BEGIN Input for this task

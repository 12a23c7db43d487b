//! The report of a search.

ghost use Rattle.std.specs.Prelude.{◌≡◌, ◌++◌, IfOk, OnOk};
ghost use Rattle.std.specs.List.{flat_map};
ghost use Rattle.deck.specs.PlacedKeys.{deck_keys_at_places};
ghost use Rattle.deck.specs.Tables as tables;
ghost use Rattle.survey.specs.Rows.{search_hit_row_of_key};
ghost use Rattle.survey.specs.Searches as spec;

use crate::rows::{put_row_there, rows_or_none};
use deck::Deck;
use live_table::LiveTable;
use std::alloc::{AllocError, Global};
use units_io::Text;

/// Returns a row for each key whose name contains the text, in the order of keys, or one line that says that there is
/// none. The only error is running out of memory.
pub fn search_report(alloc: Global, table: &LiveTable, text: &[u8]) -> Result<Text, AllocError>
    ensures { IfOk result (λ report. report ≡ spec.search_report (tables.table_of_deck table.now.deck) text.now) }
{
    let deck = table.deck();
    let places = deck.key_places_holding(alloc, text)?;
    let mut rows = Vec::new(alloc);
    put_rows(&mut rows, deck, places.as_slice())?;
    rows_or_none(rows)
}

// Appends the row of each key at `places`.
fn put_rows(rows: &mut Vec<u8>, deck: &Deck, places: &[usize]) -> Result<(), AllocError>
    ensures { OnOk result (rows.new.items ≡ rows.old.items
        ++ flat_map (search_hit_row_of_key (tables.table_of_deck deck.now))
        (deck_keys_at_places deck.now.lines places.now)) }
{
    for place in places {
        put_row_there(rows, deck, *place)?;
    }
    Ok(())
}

END Input for this task
BEGIN Input for this task

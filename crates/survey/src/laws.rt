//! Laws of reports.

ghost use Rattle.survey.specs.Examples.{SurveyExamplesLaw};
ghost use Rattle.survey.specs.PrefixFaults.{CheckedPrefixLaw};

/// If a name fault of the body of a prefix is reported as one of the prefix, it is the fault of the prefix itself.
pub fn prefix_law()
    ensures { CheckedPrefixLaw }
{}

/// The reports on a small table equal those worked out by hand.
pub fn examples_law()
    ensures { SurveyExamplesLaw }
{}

END Input for this task
BEGIN Input for this task

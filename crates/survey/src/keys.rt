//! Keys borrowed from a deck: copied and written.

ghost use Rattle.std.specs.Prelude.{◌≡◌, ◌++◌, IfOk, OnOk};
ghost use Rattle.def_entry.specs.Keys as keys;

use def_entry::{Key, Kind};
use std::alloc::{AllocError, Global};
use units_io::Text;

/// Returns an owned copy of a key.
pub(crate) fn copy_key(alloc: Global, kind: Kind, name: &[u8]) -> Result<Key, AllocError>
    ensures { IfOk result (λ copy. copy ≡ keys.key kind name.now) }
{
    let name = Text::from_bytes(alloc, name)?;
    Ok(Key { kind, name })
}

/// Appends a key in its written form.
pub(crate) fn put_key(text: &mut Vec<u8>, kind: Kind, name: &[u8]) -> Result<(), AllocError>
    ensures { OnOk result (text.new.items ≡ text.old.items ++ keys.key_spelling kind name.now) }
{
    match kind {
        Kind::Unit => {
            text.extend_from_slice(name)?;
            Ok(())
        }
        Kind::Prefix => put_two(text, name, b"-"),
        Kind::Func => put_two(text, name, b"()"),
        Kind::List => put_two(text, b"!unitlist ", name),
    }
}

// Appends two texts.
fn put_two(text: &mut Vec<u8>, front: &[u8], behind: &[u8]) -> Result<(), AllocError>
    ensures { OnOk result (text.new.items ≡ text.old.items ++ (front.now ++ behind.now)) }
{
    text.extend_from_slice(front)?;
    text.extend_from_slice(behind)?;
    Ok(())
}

END Input for this task

### Work instructions
Search the listing for the word "OnOk" and return each line that holds it.

### Exercise response
ghost use Rattle.std.specs.Prelude.{◌≡◌, ◌++◌, IfOk, OnOk};
    ensures { OnOk result (rows.new.items ≡ rows.old.items
ghost use Rattle.std.specs.Prelude.{◌≡◌, ◌++◌, IfOk, OnOk};
    ensures { OnOk result (text.new.items ≡ text.old.items ++ keys.key_spelling kind name.now) }
    ensures { OnOk result (text.new.items ≡ text.old.items ++ (front.now ++ behind.now)) }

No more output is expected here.